Yaqub et al. 2018 — Monitoring heavy metals and pesticides in Pakistani tea samples (Mansehra gardens and market brands)

This study assessed heavy metals and pesticides in tea samples from two sources: 52 samples from Mansehra tea gardens (Pakistan) and 25 commercial brand tea samples from local markets. Heavy metals measured were Zn, Fe, Cr, Cu, Mn, and Co by AAS; pesticides (Bifenthrin, Lambda-Chalothrin, Dichlorovas, Glyphosate, Imidacloprid, Difenaconazole, Emamectin) by HPLC. The paper is B-tier due to limited sample characterisation, AAS rather than ICP-MS, and primary focus on pesticide detection rather than metals risk for human health.
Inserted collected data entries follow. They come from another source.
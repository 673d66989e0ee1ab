// What a declaration's text says at a place: forms, decimals' notes, and the names with their checks 7, 8, 9.
#![tactic(auto)]

pub mod check;
pub mod forms;
pub mod names;
pub mod note;
pub mod spots;

pub use check::{Check, must};
pub use forms::{Form, Found, find, word_kind};
pub use names::{alias, definition, reference, simple_check};
pub use note::{Note, Plain, decimal_note};
pub use spots::{all_texts, as_array, as_text, first_alias, is_object, is_text};
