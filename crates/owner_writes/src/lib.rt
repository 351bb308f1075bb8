//! All that an owner wrote, in order, as a run keeps it: each write in 16 bytes, found by its number.
//!
//! # Choices
//!
//! - The writes lie in one vector, those of earlier generations first. To begin a generation is to move the place at
//!   which it starts, so it takes no memory.
#![tactic(auto)]

mod writes;

pub use writes::{Kept, OwnerWrites};
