//! Laws of whole runs that no code calls: when copies agree with their owners again, how far they lag where nothing is
//! cut, and what the formats have in common.
//!
//! # Choices
//!
//! - A quiet round's losses and cuts are those of its records, so the law holds too in a scenario with losses, where by
//!   chance none came for so many rounds.
//! - `uncut_runs_are_best` takes any mode and budget beside the uncut run, also a budget that no scenario may have.
#![tactic(auto)]

mod laws;
mod witnesses;

pub use laws::{
    ample_budgets_cut_nothing, exchanges_make_fresh, fresh_copies_stay, paths_make_fresh,
    quiet_rings_heal, staleness_is_bounded, the_format_has_no_part, uncut_copies_are_states,
    uncut_exchanges_hand_on, uncut_modes_are_alike, uncut_paths_catch_up, uncut_runs_are_best,
    unforgetful_runs_leave_nothing_over,
};
pub use witnesses::{exchanges_come_whole, paths_lead_on, rings_are_lawful, rings_grow_quiet};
Key metals findings: Co in source tea exceeded the EU allowed limit (0.01 ppm); Mn exceeded EU standards in both sample types; other metals (Zn, Fe, Cu, Cr) were within limits.

Key numbers

Tea samples from source (Mansehra gardens, n=52) — mean concentrations (ppm = mg/kg):

  • Zinc: 1.3 ± 0.5; Iron: 45 ± 56; Copper: 1.5 ± 0.6; Manganese: 4 ± 3; Chromium: 2 ± 0.7; Cobalt: 1 ± 0.7

Tea brand samples (n=25):

  • Zinc: 0.1 ± 0.2; Iron: ND; Copper: 0.02 ± 0.02; Manganese: 0.2 ± 0.2; Chromium: 0.002 ± 0.004; Cobalt: 0.006 ± 0.001

EU Maximum Residue Limits (MRLs) reference values:

  • Zinc: 100; Iron: 500; Copper: 0.01; Manganese: 0.16; Chromium: 2.3; Cobalt: 0.01 (ppm)
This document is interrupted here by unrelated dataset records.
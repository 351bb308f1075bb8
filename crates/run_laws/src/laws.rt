//! When copies agree with their owners, and how far they lag, whatever is lost, cut, separated or restarted elsewhere.
//! The calls do nothing.

ghost use Rattle.scenario.specs.Settings.{Settings, IsLawfulScenario};
ghost use Rattle.run_laws.specs.CatchingUp.{UncutPathsCatchUp, StalenessIsBounded};
ghost use Rattle.run_laws.specs.Floors.{UncutCopiesAreStates, UncutRunsAreBest, UncutModesAreAlike};
ghost use Rattle.run_laws.specs.Formats.{LeavesNothingOver, FormatHasNoPart};
ghost use Rattle.run_laws.specs.Paths.{UncutExchangesHandOn, PathsMakeFresh};
ghost use Rattle.run_laws.specs.Healing.{ExchangesMakeFresh, FreshCopiesStay, QuietRingsHeal, AmpleBudgetsCutNothing};

/// A direct exchange makes fresh. In each mode, where a side's delta reaches the other with none of that side's own
/// entries cut, the copy there equals its owner's state, provided that the owner has written since it last forgot.
/// Where it hasn't, what is left over of it may stay.
pub fn exchanges_make_fresh()
    ensures { (s : Settings) → IsLawfulScenario s → ExchangesMakeFresh s }
{}

/// A fresh copy stays fresh until its owner writes or its holder restarts, whatever is lost, cut or
/// separated meanwhile.
pub fn fresh_copies_stay()
    ensures { (s : Settings) → IsLawfulScenario s → FreshCopiesStay s }
{}

/// Freshness spreads. An exchange hands on a fresh copy of any owner, if what it carries of that owner comes and
/// isn't cut, and the copy stays fresh while its owner doesn't write and its holder doesn't restart: so at the end of
/// a path of such exchanges the last holder has a fresh copy, whatever is lost, cut or separated elsewhere.
pub fn paths_make_fresh()
    ensures { (s : Settings) → IsLawfulScenario s → PathsMakeFresh s }
{}

/// What stands at an exchange's place among its round's records is enough for a path: one that wasn't lost before its
/// answer came and cut nothing of it hands on each copy to its initiator, and one that lost nothing and cut nothing of
/// its third message each to its responder.
pub fn uncut_exchanges_hand_on()
    ensures { (s : Settings) → IsLawfulScenario s → UncutExchangesHandOn s }
{}

/// A quiet ring heals. Behind as many rounds as a node has others, in which nothing is written, no node is
/// down, restarts or is apart, and each exchange brings its initiator an answer of which nothing is cut, all
/// copies are fresh: none is stale, and nothing is left over where each owner that has forgotten has written
/// since. They may begin anywhere in the ring's cycle.
pub fn quiet_rings_heal()
    ensures { (s : Settings) → IsLawfulScenario s → QuietRingsHeal s }
{}

/// A budget with room for the largest entry of each key of all owners but one cuts nothing, in any round.
pub fn ample_budgets_cut_nothing()
    ensures { (s : Settings) → IsLawfulScenario s → AmpleBudgetsCutNothing s }
{}

/// As long as nothing was cut, what a node holds of another is exactly the state that this one had when it made the
/// write with the greatest mark that is held: at each key the last write of the generation up to it.
pub fn uncut_copies_are_states()
    ensures { (s : Settings) → IsLawfulScenario s → UncutCopiesAreStates s }
{}

/// A run that has cut nothing is the best. After each round up to which its rows say so, no more is stale, and nothing
/// for longer, than under any other mode and with any other budget, whatever is lost, cut or separated, and whoever
/// restarts or forgets. Of what is left over nothing is said: what spreads less leaves less over.
pub fn uncut_runs_are_best()
    ensures { (s : Settings) → IsLawfulScenario s → UncutRunsAreBest s }
{}

/// All runs that have cut nothing are alike: under each mode and with each budget they have the same tables and rows.
pub fn uncut_modes_are_alike()
    ensures { (s : Settings) → IsLawfulScenario s → UncutModesAreAlike s }
{}

/// While owners write, a path of exchanges in a run that has cut nothing brings all that its owner had written when the
/// path began: the greatest mark of the last holder's copy isn't below the owner's own one then.
pub fn uncut_paths_catch_up()
    ensures { (s : Settings) → IsLawfulScenario s → UncutPathsCatchUp s }
{}

/// So where all that owners have written as a round begins comes to all others by the end of a later one, nothing is
/// stale then for longer than since that round.
pub fn staleness_is_bounded()
    ensures { (s : Settings) → IsLawfulScenario s → StalenessIsBounded s }
{}

/// Where no restart forgets nothing is ever left over, in either format. In format 1 none does.
pub fn unforgetful_runs_leave_nothing_over()
    ensures { (s : Settings) → IsLawfulScenario s → LeavesNothingOver s }
{}

/// The number of the format has no part in tables and rows: with another one a scenario comes to the same, by the same
/// budget and restarts.
pub fn the_format_has_no_part()
    ensures { (s : Settings) → FormatHasNoPart s }
{}
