//! Where a worker finds exchanges to try.

ghost use Rattle.std.specs.Prelude.{◌≡◌, ◌<◌, ◌≤◌, [], ◌∷◌, ◌++◌, ⊤, IfOk, IfSome, IsOkUnless, OnOk, length, map, vec_len};
ghost use Rattle.bench_types.specs.declared.faults.Fault.TheVariants.{OutOfMemory};
ghost use Rattle.crossbeam_deque.specs.Handles.{IsPassOf, stealer_deque, worker_flavor};
ghost use Rattle.dependencies.specs.Neighbours.{as_list};
ghost use Rattle.work.specs.inner.Deques.{IsPushed, IsTaken, no_pushes};

use crate::push_logs::PushLog;
use bench_types::Fault;
use crossbeam_deque::protocol::{Outcome, Protocol};
use crossbeam_deque::{Pass, Stealer, Worker};
use std::alloc::Global;

// The rule of a deque, which asks nothing of the indices in it: a deque may outlive a list. And what a pop and a steal
// tell.
pub struct Logged;

impl Protocol<u32, PushLog> for Logged {
    ghost holds = { λ _ _. ⊤ };

    ghost first = { no_pushes };

    ghost guest = { no_pushes };
}

impl Outcome<u32, PushLog> for Logged {
    ghost then = { IsTaken };
}

// What a push tells.
struct Push;

impl Outcome<u32, PushLog> for Push {
    ghost then = { IsPushed };
}

// The way to another worker's deque.
#[derive(Drop)]
struct Way {
    from: Stealer<u32, Global, PushLog, Logged>,
    pass: Pass<u32, PushLog>,
    ghost fits: { IsPassOf (stealer_deque from) pass },
}

/// Where a worker finds exchanges to try: its own deque, and those of the others.
pub struct Tasks {
    own: Worker<u32, Global, PushLog, Logged>,
    // What it has just made ready, if anything, which lies in its deque too: the tables are still in its core's caches.
    at_hand: Option<u32>,
    // In the order in which it steals from them.
    others: Vec<Way>,
    ghost in_order: { worker_flavor own ≡ 0 },
}

// Written out: a derived drop is proved once more in each crate that lets one go.
impl Drop for Tasks {
    fn drop(self) {
        let Tasks {
            own: _,
            at_hand: _,
            others: _,
        } = self;
    }
}

impl Way {
    // The oldest index of the deque. `None` where there is none, or where another thread took it first.
    fn steal(&mut self) -> Option<u32> {
        self.from.steal_as::<Logged>(&mut self.pass).success()
    }
}

impl Tasks {
    ghost use Rattle.work.specs.Pushes.{AreDealt, pushed};

    // An empty deque with room for so many indices, before it grows, and no way to any other.
    fn new(alloc: Global, room: usize) -> Result<Tasks, Fault>
        ensures only { IsOkUnless result OutOfMemory }
    {
        let own = Worker::fifo_as(alloc, room)?;
        Ok(Tasks {
            own,
            at_hand: None,
            others: Vec::new(alloc),
        })
    }

    // A way to its own deque, for another worker.
    fn way(&self) -> Result<Way, Fault>
        ensures only { IsOkUnless result OutOfMemory }
    {
        let from = self.own.stealer()?;
        let pass = from.pass();
        Ok(Way { from, pass })
    }

    fn push(&mut self, i: u32) -> Result<(), Fault>
        ensures pushed { OnOk result (pushed self.new ≡ pushed self.old ++ i ∷ []) }
        ensures only { IsOkUnless result OutOfMemory }
    {
        self.own.push_as::<Push>(i).ok().ok_or(Fault::OutOfMemory)
    }

    /// Puts an exchange that was made ready on its own deque, if there is one. An error is lack of memory.
    pub fn push_freed(&mut self, freed: Option<u32>) -> Result<(), Fault>
        ensures pushed { OnOk result (pushed self.new ≡ pushed self.old ++ as_list freed) }
        ensures only { IsOkUnless result OutOfMemory }
    {
        match freed {
            Some(i) => {
                self.at_hand = freed;
                self.push(i)
            }
            None => Ok(()),
        }
    }

    /// What it made ready last, if it hasn't tried that yet, or else the oldest index of its own deque, or else of the
    /// first other one that yields any. `None` says that none below the limit was found, and not that all deques were
    /// empty at one moment.
    pub fn next(&mut self, limit: u32) -> Option<u32>
        ensures within { IfSome result (λ i. i < limit) }
        ensures kept { pushed self.new ≡ pushed self.old }
    {
        let i = self.take()?;
        if i < limit { Some(i) } else { None }
    }

    fn take(&mut self) -> Option<u32>
        ensures kept { pushed self.new ≡ pushed self.old }
    {
        if let Some(i) = self.at_hand.take() {
            return Some(i);
        }
        if let Some(i) = self.own.pop_as::<Logged>() {
            return Some(i);
        }
        for way in self.others.iter_mut() {
            if let Some(i) = way.steal() {
                return Some(i);
            }
        }
        None
    }

    /// The deques of so many workers. The index at place j of those that are ready goes to worker j modulo
    /// their number. A worker w steals from w + 1, w + 2 and so on, modulo their number. An error is lack of
    /// memory.
    pub fn deal(alloc: Global, workers: u32, ready: &[u32]) -> Result<Vec<Tasks>, Fault>
        requires some { 1 ≤ workers }
        ensures dealt { IfOk result (λ tasks. (vec_len tasks ≡ workers)
            × AreDealt ready.now (map pushed tasks.items) (length ready.now)) }
        ensures only { IsOkUnless result OutOfMemory }
    {
        let count = workers as usize;
        let mut tasks = Vec::with_capacity(alloc, count)?;
        for _ in 0..count {
            tasks.push(Tasks::new(alloc, ready.len() / count + 1)?)?;
        }
        for worker in 0..count {
            for step in 1..count {
                let way = tasks[(worker + step) % count].way()?;
                tasks[worker].others.push(way)?;
            }
        }
        for (place, i) in ready.iter().enumerate() {
            tasks[place % count].push(*i)?;
        }
        Ok(tasks)
    }
}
Notable: Cobalt in garden source tea (mean 1 ppm) exceeded EU MRL of 0.01 ppm in all samples; Manganese in source tea (mean 4 ppm) exceeded EU MRL of 0.16 ppm. Note: Pb, Cd, As, Ni not measured — significant omission for HMT&C relevance.

Pesticides in brand tea: Imidacloprid at mean 379 ± 329 ppm (well above MRL of 0.01 ppm) in several commercial brand samples — a major pesticide contamination signal, though not a metal.

Methods (brief)

AAS (Buck Scientific 210 VGP) for metals; HPLC (Agilent 1260, ODS 18 Column) for pesticides. Microwave digestion for metals: 30 mL H₂O₂ + 50 mL HNO₃. LOD calculated as 3:1 signal:noise; LOQ as 10:1.

Limitations

Pb, Cd, As, and Ni not measured — the four highest-priority HMT&C analytes are absent. AAS limits sensitivity compared to ICP-MS for trace elements. Small commercial brand sample set (n=25). No speciation for Cr (total only). Pakistan-specific gardens; limited geographic generalisability.

Implications

  • Certification: Low direct value for HMT&C threshold-setting because Pb, Cd, and As not measured. Useful only as a background reference for Mn and Co in Pakistani tea.
  • Courses: Useful for pesticide-metal co-contamination module; Imidacloprid result is striking. Not a primary metal reference.
  • App: Do not use for contamination_profile updates — key analytes not measured.